Metadata

Metadata provides information about a data record, in our case, a dataset. It can serve many functions, most important of which is dataset discovery beyond the scope of the repository where they have been published. There are numerous standards for such metadata which in practice may not be aimed for the same audience: some standards are destined to be machine-readable (e.g., for search engines) while other ones are designed for human readability.

BDM relies on schema.org and its Croissant extension to describe the data, as they are both extensive and used by major search interfaces like Google Dataset Search and HuggingFace datasets.

Where is the metadata?

Metadata may be embedded in a file (e.g., in an markdown front matter) or it may be stored as a separate file within the dataset (e.g., dataset_description.json as in BIDS). As these strategies are not always consistent in practice, it is important here to consider who (or what) the metadata is destined for, humans or machines.

Long, nested JSON files are notoriously hard to read and edit by humans, so exposing them directly to consumers is not recommended. Instead, all the relevant metadata can be presented within the datasets’ README file in a human-readable way (see Dataset Card). The structured YAML header of the README file can be displayed in a human-readable way, while still allowing its processing by machines.

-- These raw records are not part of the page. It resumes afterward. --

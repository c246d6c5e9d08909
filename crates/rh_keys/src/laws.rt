//! A law of the definitions that the contracts of this crate cite. The function does nothing: its contract is the law.

ghost use Rattle.rh_keys.specs.Laws.{KeysTellApart};

/// Two states of one cluster are alike, as they are read, exactly if their keys are equal.
pub fn keys_tell_apart()
    ensures { KeysTellApart }
{}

It is also recommended to adopt a minimal approach to the content of the metadata and to only fill out key information that may be useful for locating a particular dataset and determining if the data is of relevance to the dataset consumer. More detailed information about the structure of data can be included in the dataset itself (see Codebook).

Zenodo

For sharing metadata along scientific datasets, you can use Zenodo platform. When uploading, Zenodo offers a form for describing the datasets and. This form populates a schema.org JSON file that can be downloaded by the user, but most importantly, can be processed by search engines that supports schema.org and help people find the dataset.

Also note that, when we use Zenodo, the metadata is stored in a file that is separate from the dataset. This is a good practice as it allows search engines to index the metadata separately from the dataset (the metadata is external to the dataset), and it also allows the metadata to be updated without changing the dataset itself.